TO DO
Copy each of the records exactly; leave nothing out.

SUPPLIED MATERIAL
//! The calls of a model, over the numbers of its signals.

ghost use Rattle.std.specs.Prelude.{◌≡◌, ◌<◌, All, length, map, slice_index_or, IfOk};
ghost use Rattle.cf_circuits.specs.Kept.{IsCall};
ghost use Rattle.cf_circuits.specs.Links.{no_model};
ghost use Rattle.cf_model.specs.Renumbering.{AllDiffer};
ghost use Rattle.cf_blocks.specs.Numbering.{actual_of as actual_in, call_of as numbered, number as number_of};

use crate::NoMemory;
use crate::numbers::Numbers;
use cf_circuits::pins::{Call as NamedCall, Pin};
use cf_hierarchy::{Call, Calls};
use cf_names::{Name, NameBook};
use cf_order::Wires;
use std::alloc::Global;

/// The calls of the model at a place.
pub(crate) fn calls_of(
    alloc: Global,
    numbers: &Numbers,
    at: usize,
    calls: &[NamedCall],
) -> Result<Calls, NoMemory>
    requires place { at < length numbers.now }
    requires calls { All IsCall calls.now }
    ensures { let model = slice_index_or numbers.now at no_model in
        IfOk result (λ all. all ≡ map (numbered numbers.now model) calls.now) }
{
    let mut all = Calls::new(alloc);
    for call in calls {
        all.push(call_of(alloc, numbers, at, call)?)?;
    }
    Ok(all)
}

/// A call of the model at a place. A called model that isn't there has the place behind all.
fn call_of(alloc: Global, numbers: &Numbers, at: usize, call: &NamedCall) -> Result<Call, NoMemory>
    requires place { at < length numbers.now }
    requires call { IsCall call.now }
    ensures { let model = slice_index_or numbers.now at no_model in
        IfOk result (λ c. c ≡ numbered numbers.now model call.now) }
{
    let Some(callee) = numbers.place(call.model.bytes()) else {
        return Ok(Call {
            block: numbers.models().len() as u64,
            actuals: Wires::new(alloc),
        });
    };
    let inputs = numbers.models()[callee].inputs.items();
    Ok(Call {
        block: callee as u64,
        actuals: actuals_of(alloc, numbers, at, call, inputs)?,
    })
}

/// The numbers of the actuals of a call's formals, in the model at a place.
fn actuals_of(
    alloc: Global,
    numbers: &Numbers,
    at: usize,
    call: &NamedCall,
    names: &[Name],
) -> Result<Wires, NoMemory>
    requires place { at < length numbers.now }
    requires call { IsCall call.now }
    ensures { let model = slice_index_or numbers.now at no_model in
        IfOk result (λ wires. wires ≡ map
        (λ name. number_of numbers.now model (actual_in call.now.pins name)) names.now) }
{
    let pins = call.pins.items();
    let book = formals_of(alloc, pins)?;
    let mut wires = Vec::with_capacity(alloc, names.len())?;
    for name in names {
        wires.push(numbers.number(at, actual_of(&book, pins, name.bytes())))?;
    }
    Ok(Wires::of(wires))
}

/// A book of formals that differ.
fn formals_of(alloc: Global, pins: &[Pin]) -> Result<NameBook, NoMemory>
    requires { AllDiffer (map (λ p. p.formal) pins.now) }
    ensures { IfOk result (λ book. book ≡ map (λ p. p.formal) pins.now) }
{
    let mut book = NameBook::new(alloc);
    for pin in pins {
        book.number(pin.formal.bytes())?;
    }
    Ok(book)
}

/// The actual of a formal, by a book of the formals. One that isn't there has no letter.
fn actual_of<'a>(book: &NameBook, pins: &'a [Pin], name: &[u8]) -> &'a [u8]
    requires { book.now ≡ map (λ p. p.formal) pins.now }
    ensures { result.now ≡ actual_in pins.now name.now }
{
    match book.find(name) {
        Some(place) => pins[place as usize].actual.bytes(),
        None => &[],
    }
}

EXERCISE OUTPUT
//! The calls of a model, over the numbers of its signals.

ghost use Rattle.std.specs.Prelude.{◌≡◌, ◌<◌, All, length, map, slice_index_or, IfOk};
ghost use Rattle.cf_circuits.specs.Kept.{IsCall};
ghost use Rattle.cf_circuits.specs.Links.{no_model};
ghost use Rattle.cf_model.specs.Renumbering.{AllDiffer};
ghost use Rattle.cf_blocks.specs.Numbering.{actual_of as actual_in, call_of as numbered, number as number_of};

use crate::NoMemory;
use crate::numbers::Numbers;
use cf_circuits::pins::{Call as NamedCall, Pin};
use cf_hierarchy::{Call, Calls};
use cf_names::{Name, NameBook};
use cf_order::Wires;
use std::alloc::Global;

/// The calls of the model at a place.
pub(crate) fn calls_of(
    alloc: Global,
    numbers: &Numbers,
    at: usize,
    calls: &[NamedCall],
) -> Result<Calls, NoMemory>
    requires place { at < length numbers.now }
    requires calls { All IsCall calls.now }
    ensures { let model = slice_index_or numbers.now at no_model in
        IfOk result (λ all. all ≡ map (numbered numbers.now model) calls.now) }
{
    let mut all = Calls::new(alloc);
    for call in calls {
        all.push(call_of(alloc, numbers, at, call)?)?;
    }
    Ok(all)
}

/// A call of the model at a place. A called model that isn't there has the place behind all.
fn call_of(alloc: Global, numbers: &Numbers, at: usize, call: &NamedCall) -> Result<Call, NoMemory>
    requires place { at < length numbers.now }
    requires call { IsCall call.now }
    ensures { let model = slice_index_or numbers.now at no_model in
        IfOk result (λ c. c ≡ numbered numbers.now model call.now) }
{
    let Some(callee) = numbers.place(call.model.bytes()) else {
        return Ok(Call {
            block: numbers.models().len() as u64,
            actuals: Wires::new(alloc),
        });
    };
    let inputs = numbers.models()[callee].inputs.items();
    Ok(Call {
        block: callee as u64,
        actuals: actuals_of(alloc, numbers, at, call, inputs)?,
    })
}

/// The numbers of the actuals of a call's formals, in the model at a place.
fn actuals_of(
    alloc: Global,
    numbers: &Numbers,
    at: usize,
    call: &NamedCall,
    names: &[Name],
) -> Result<Wires, NoMemory>
    requires place { at < length numbers.now }
    requires call { IsCall call.now }
    ensures { let model = slice_index_or numbers.now at no_model in
        IfOk result (λ wires. wires ≡ map
        (λ name. number_of numbers.now model (actual_in call.now.pins name)) names.now) }
{
    let pins = call.pins.items();
    let book = formals_of(alloc, pins)?;
    let mut wires = Vec::with_capacity(alloc, names.len())?;
    for name in names {
        wires.push(numbers.number(at, actual_of(&book, pins, name.bytes())))?;
    }
    Ok(Wires::of(wires))
}

/// A book of formals that differ.
fn formals_of(alloc: Global, pins: &[Pin]) -> Result<NameBook, NoMemory>
    requires { AllDiffer (map (λ p. p.formal) pins.now) }
    ensures { IfOk result (λ book. book ≡ map (λ p. p.formal) pins.now) }
{
    let mut book = NameBook::new(alloc);
    for pin in pins {
        book.number(pin.formal.bytes())?;
    }
    Ok(book)
}

/// The actual of a formal, by a book of the formals. One that isn't there has no letter.
fn actual_of<'a>(book: &NameBook, pins: &'a [Pin], name: &[u8]) -> &'a [u8]
    requires { book.now ≡ map (λ p. p.formal) pins.now }
    ensures { result.now ≡ actual_in pins.now name.now }
{
    match book.find(name) {
        Some(place) => pins[place as usize].actual.bytes(),
        None => &[],
    }
}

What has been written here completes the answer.